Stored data
__________

// Questions 1 and 2: the lent memory, and the state.
ghost use Rattle.std.specs.Prelude.{◌≡◌};
ghost use Rattle.refusal.specs.Refusal.{asked};
ghost use Rattle.disk.specs.Questions.{reads_ok, intervals_ok, disk_ok, ask_state, ask_disk, ask_disk_out};

use super::Disk;
use layout::Geometry;
use refusal::Refusal;
use requests::{MOST_JOURNAL_READS, MOST_JOURNAL_WRITES, MOST_SUPERBLOCK_READS, SuperblockReads};
use tables::IntervalTable;

// Question 2 of the superblock reads: in each slot's table as many as may be, and ids that differ.
fn reads_ok(reads: SuperblockReads) -> bool
    ensures { result ≡ reads_ok reads }
{
    let first = reads.first;
    let second = reads.second;
    let a = first.ok(MOST_SUPERBLOCK_READS);
    let b = second.ok(MOST_SUPERBLOCK_READS);
    a & b
}

// Question 2 of a table of intervals: as many as may be, ids that differ, and every interval valid and contiguous. In line, so that no table is
// copied.
#[inline(always)]
fn intervals_ok(g: Geometry, most: usize, table: IntervalTable) -> bool
    ensures { result ≡ intervals_ok g most table }
{
    let a = table.ok(most);
    let b = table.valid(g);
    a & b
}

impl Disk {
    // Question 2, as a test.
    pub fn ok(self, g: Geometry) -> bool
        ensures { result ≡ disk_ok g self }
    {
        let reads = self.superblockReads;
        let journal_reads = self.journalReads;
        let journal_writes = self.journalWrites;
        let a = reads_ok(reads);
        let b = intervals_ok(g, MOST_JOURNAL_READS, journal_reads);
        let c = intervals_ok(g, MOST_JOURNAL_WRITES, journal_writes);
        a & (b & c)
    }

    // Question 2.
    pub fn ask_state(self, g: Geometry) -> Result<(), Refusal>
        ensures { result ≡ asked (ask_state g self) }
    {
        let b = self.ok(g);
        if b {
            return Ok(());
        }
        Err(Refusal::State)
    }

    // Questions 1 and 2.
    pub fn ask(self, g: Geometry, blocks: &[u8], marks: &[u8]) -> Result<(), Refusal>
        ensures { result ≡ asked (ask_disk g self blocks.now marks.now) }
    {
        journal::ask_journal(g, blocks, marks)?;
        self.ask_state(g)
    }

    // The same with a buffer of N blocks that a read's blocks are copied to.
    pub fn ask_with_buffer(
        self,
        g: Geometry,
        blocks: &[u8],
        marks: &[u8],
        out: &[u8],
    ) -> Result<(), Refusal>
        ensures { result ≡ asked (ask_disk_out g self blocks.now marks.now out.now) }
    {
        journal::ask_journal(g, blocks, marks)?;
        journal::ask_blocks(g, out)?;
        self.ask_state(g)
    }
}
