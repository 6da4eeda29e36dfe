// What the disk does with a request that it receives (001's RecvRead and RecvWrite), after questions 1 and 2. Each function decides by value
// and asks the other questions; none is a step by itself.
ghost use Rattle.std.specs.Prelude.{◌≡◌};
ghost use Rattle.disk.specs.Disk.{answered};
ghost use Rattle.requests.specs.Receive.{ask_recv_read_superblock, ask_recv_read_journal, ask_recv_write_superblock, ask_recv_write_journal};
ghost use Rattle.disk.specs.Next.{recv_read_superblock_next, recv_read_journal_next, recv_write_superblock_next, recv_write_journal_next};

use super::{Disk, DiskStepped};
use interval::JournalInterval;
use layout::Geometry;
use requests::{
    SuperblockWrite, ask_recv_read_journal, ask_recv_read_superblock, ask_recv_write_journal,
    ask_recv_write_superblock, read_received, write_received,
};
use superblock::Superblock;

impl Disk {
    pub fn recv_read_superblock_asked(mut self, which: u64, id: u64) -> DiskStepped
        ensures { result ≡ answered (ask_recv_read_superblock self.superblockReads which id) (recv_read_superblock_next self which id) self }
    {
        let reads = self.superblockReads;
        if let Err(no) = ask_recv_read_superblock(reads, which, id) {
            return self.refused(no);
        }
        let next = read_received(reads, which, id);
        self.superblockReads = next;
        self.done(())
    }

    pub fn recv_read_journal_asked(
        mut self,
        g: Geometry,
        id: u64,
        v: JournalInterval,
    ) -> DiskStepped
        ensures { result ≡ answered (ask_recv_read_journal g self.journalReads id v) (recv_read_journal_next self id v) self }
    {
        let table = self.journalReads;
        if let Err(no) = ask_recv_read_journal(g, table, id, v) {
            return self.refused(no);
        }
        let next = table.add(id, v);
        self.journalReads = next;
        self.done(())
    }

    // The newer write takes the older one's place.
    pub fn recv_write_superblock_asked(
        mut self,
        which: u64,
        id: u64,
        superblock: Superblock,
    ) -> DiskStepped
        ensures { result ≡ answered (ask_recv_write_superblock self.superblockWrites which id) (recv_write_superblock_next self which id superblock) self }
    {
        let writes = self.superblockWrites;
        if let Err(no) = ask_recv_write_superblock(writes, which, id) {
            return self.refused(no);
        }
        let write = SuperblockWrite { id, superblock };
        let next = writes.put(which, Some(write));
        self.superblockWrites = next;
        self.done(())
    }

    // The rows of a write of the blocks of `v`. Whoever calls writes the blocks and sets the marks.
    pub fn recv_write_journal_asked(
        mut self,
        g: Geometry,
        id1: u64,
        id2: Option<u64>,
        v: JournalInterval,
    ) -> DiskStepped
        ensures { result ≡ answered (ask_recv_write_journal g self.journalWrites id1 id2 v) (recv_write_journal_next g self id1 id2 v) self }
    {
        let table = self.journalWrites;
        if let Err(no) = ask_recv_write_journal(g, table, id1, id2, v) {
            return self.refused(no);
        }
        let next = write_received(g, table, id1, id2, v);
        self.journalWrites = next;
        self.done(())
    }
}
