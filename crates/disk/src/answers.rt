// A disk that nothing has been asked of, and the two forms of an answer.
ghost use Rattle.std.specs.Prelude.{◌≡◌};
ghost use Rattle.disk.specs.Disk.{idle_disk, refused, done};

use super::{Disk, Stepped};
use requests::{Slots, SuperblockReads, SuperblockWrites};
use tables::{IdTable, IntervalTable};

impl Disk {
    // A disk without requests.
    pub fn idle(slots: Slots) -> Disk
        ensures { result ≡ idle_disk slots }
    {
        let ids = IdTable::empty();
        let rows = IntervalTable::empty();
        Disk {
            slots,
            superblockReads: SuperblockReads {
                first: ids,
                second: ids,
            },
            superblockWrites: SuperblockWrites {
                first: None,
                second: None,
            },
            journalReads: rows,
            journalWrites: rows,
        }
    }

    // A no, whatever says it, and the disk as it was.
    pub fn refused<T, E>(self, no: E) -> Stepped<T, E>
        ensures { result ≡ refused self no }
    {
        Stepped {
            answer: Err(no),
            disk: self,
        }
    }

    // A yes, with what was asked for: this, the next disk.
    pub(crate) fn done<T, E>(self, value: T) -> Stepped<T, E>
        ensures { result ≡ done value self }
    {
        Stepped {
            answer: Ok(value),
            disk: self,
        }
    }
}
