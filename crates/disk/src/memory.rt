// The two operations that touch lent blocks, after questions 1 and 2: a journal write, and a journal read's answer.
ghost use Rattle.std.specs.Prelude.{◌≡◌};
ghost use Rattle.refusal.specs.Refusal.{asked};
ghost use Rattle.laws.specs.Choice.{unless};
ghost use Rattle.journal.specs.Memory.{update_bytes, update_marks};
ghost use Rattle.disk.specs.Disk.{answered, answered_with};
ghost use Rattle.disk.specs.Next.{recv_write_journal_next, ack_read_journal_next};
ghost use Rattle.requests.specs.Acknowledge.{held_interval, ask_ack_read_journal};
ghost use Rattle.disk.specs.Memory.{ask_new_blocks, read_out};

use super::{Disk, DiskStepped, JournalAcked};
use interval::JournalInterval;
use layout::Geometry;
use refusal::Refusal;
use requests::{ask_recv_write_journal, write_received};
use tables::IntervalTable;

// Questions 4 to 9 of a journal write whose blocks are `new`.
fn ask_new_blocks(
    g: Geometry,
    table: IntervalTable,
    id1: u64,
    id2: Option<u64>,
    v: JournalInterval,
    new: &[u8],
) -> Result<(), Refusal>
    ensures { result ≡ asked (ask_new_blocks g table id1 id2 v new.now) }
{
    journal::ask_size(v, new)?;
    ask_recv_write_journal(g, table, id1, id2, v)
}

// Where the answer is whole, the interval's blocks go to the front of `out`.
fn read_out(whole: bool, v: JournalInterval, blocks: &[u8], out: &mut [u8])
    ensures { out.new ≡ read_out whole v blocks.now out.old }
{
    if whole {
        journal::copy_blocks(blocks, v.start, v.len, out, 0);
    }
}

impl Disk {
    // The write's rows, then its blocks and their marks.
    pub(crate) fn write_blocks(
        mut self,
        g: Geometry,
        id1: u64,
        id2: Option<u64>,
        v: JournalInterval,
        new: &[u8],
        blocks: &mut [u8],
        marks: &mut [u8],
    ) -> DiskStepped
        ensures value { result ≡ answered (ask_new_blocks g self.journalWrites id1 id2 v new.now) (recv_write_journal_next g self id1 id2 v) self }
        ensures blocks_after { blocks.new ≡ unless (ask_new_blocks g self.journalWrites id1 id2 v new.now) blocks.old (update_bytes blocks.old v new.now) }
        ensures marks_after { marks.new ≡ unless (ask_new_blocks g self.journalWrites id1 id2 v new.now) marks.old (update_marks marks.old v) }
    {
        let table = self.journalWrites;
        if let Err(no) = ask_new_blocks(g, table, id1, id2, v, new) {
            return self.refused(no);
        }
        let next = write_received(g, table, id1, id2, v);
        self.journalWrites = next;
        journal::write_blocks(v, new, blocks);
        journal::set_marks(v, marks);
        self.done(())
    }

    // The answer, then the blocks of the read.
    pub(crate) fn read_blocks(
        self,
        id: u64,
        whole: bool,
        blocks: &[u8],
        marks: &[u8],
        out: &mut [u8],
    ) -> JournalAcked
        ensures value { result ≡ answered_with (ask_ack_read_journal self.journalReads id whole marks.now) (held_interval self.journalReads id) (ack_read_journal_next self id) self }
        ensures out_after { out.new ≡ unless (ask_ack_read_journal self.journalReads id whole marks.now) out.old (read_out whole (held_interval self.journalReads id) blocks.now out.old) }
    {
        let r = self.ack_read_journal_asked(id, whole, marks);
        if let Ok(v) = r.answer {
            read_out(whole, v, blocks, out);
        }
        r
    }
}
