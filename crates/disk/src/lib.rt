// The disk (source 001, but for the crash): two superblock slots and the requests that wait; N blocks and N marks are lent beside it. The
// public face:
//   Disk                                           the record; `idle`, one without requests
//   ok, ask_state, ask, ask_with_buffer            question 2, and questions 1 and 2
//   recv_read_superblock, recv_read_journal        a request is received: a read,
//   recv_write_superblock, recv_write_journal      or a write
//   ack_read_superblock, ack_read_journal          a request is answered: a read, whole or damaged,
//   ack_write_superblock, ack_write_journal        or a write
//   land                                           a superblock write in flight lands
//   step                                           one step over the whole disk operation type
//   Stepped                                        what they answer, beside the disk after it: a value, or a no and the disk as it was;
//   DiskStepped, SuperblockAcked, JournalAcked     no value, a superblock or damaged, the interval that was read
//   refused                                        a no, for a caller that has asked itself, in the caller's own words
// Each of these operations asks every question. One named `.._asked` is a part of an operation for a step that has asked questions 1 and 2
// itself: it asks the others, decides by value and on shared slices, and leaves lent memory to journal's `write_blocks`, `set_marks` and
// `copy_blocks`; `decide_asked` is such a part for any operation. Every function is total.
#![tactic(auto, using(refusal::specs::Refusal::questions, laws::specs::Choice::tests), unfolding(laws::specs::Choice::and_then, laws::specs::Choice::ask, laws::specs::Choice::also, laws::specs::Choice::unless, crate::specs::Disk::answered_with, crate::specs::Questions::reads_ok, crate::specs::Questions::intervals_ok, crate::specs::Questions::disk_ok, crate::specs::Questions::ask_state, crate::specs::Questions::ask_disk, crate::specs::Questions::ask_disk_out, crate::specs::Next::recv_read_superblock_next, crate::specs::Next::recv_read_journal_next, crate::specs::Next::recv_write_superblock_next, crate::specs::Next::recv_write_journal_next, crate::specs::Next::ack_read_superblock_next, crate::specs::Next::ack_read_journal_next, crate::specs::Next::ack_write_superblock_next, crate::specs::Next::ack_write_journal_next, crate::specs::Next::land_next, crate::specs::Memory::ask_new_blocks, crate::specs::Memory::read_out))]

mod acknowledge;
mod answers;
mod landing;
mod memory;
mod operation;
mod questions;
mod receive;
mod whole;

use interval::JournalInterval;
use refusal::Refusal;
use requests::{Slots, SuperblockReads, SuperblockWrites};
use superblock::{JournalRead, Superblock};
use tables::IntervalTable;

// Two slots, and the requests that wait. Its blocks and marks are lent beside it.
#[derive(Clone, Copy)]
pub struct Disk {
    pub slots: Slots,
    pub superblockReads: SuperblockReads,
    pub superblockWrites: SuperblockWrites,
    pub journalReads: IntervalTable,
    pub journalWrites: IntervalTable,
}

// What an operation answers, and the disk after it: after a no, the disk as it was. A disk's own no is a `Refusal`.
#[derive(Clone, Copy)]
pub struct Stepped<T, E> {
    pub answer: Result<T, E>,
    pub disk: Disk,
}

pub type DiskStepped = Stepped<(), Refusal>;

pub type SuperblockAcked = Stepped<Option<Superblock>, Refusal>;

pub type JournalAcked = Stepped<JournalInterval, Refusal>;

// What an operation touches of lent blocks: a journal write sets some, a journal read's answer copies some, and no other touches any.
#[derive(Clone, Copy)]
pub(crate) enum Touched {
    Written {
        id1: u64,
        id2: Option<u64>,
        interval: JournalInterval,
    },
    Read {
        id: u64,
        journal: JournalRead,
    },
    Nothing,
}
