// A superblock write lands: its slot holds it (001's ProcessWriteSuperblock). The write stays in flight, and may land again.
ghost use Rattle.std.specs.Prelude.{◌≡◌};
ghost use Rattle.disk.specs.Disk.{answered};
ghost use Rattle.requests.specs.Landing.{ask_land};
ghost use Rattle.disk.specs.Next.{land_next};

use super::{Disk, DiskStepped};
use requests::{ask_land, slots_landed};

impl Disk {
    // After questions 1 and 2; no step by itself.
    pub fn land_asked(mut self, which: u64) -> DiskStepped
        ensures { result ≡ answered (ask_land self.superblockWrites which) (land_next self which) self }
    {
        let slots = self.slots;
        let writes = self.superblockWrites;
        if let Err(no) = ask_land(writes, which) {
            return self.refused(no);
        }
        let next = slots_landed(slots, writes, which);
        self.slots = next;
        self.done(())
    }
}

__________

WHAT YOU NEED TO DO:
A count is all that should be returned: the number of lines in these records containing the string "struct".

EXERCISE ANSWER:
2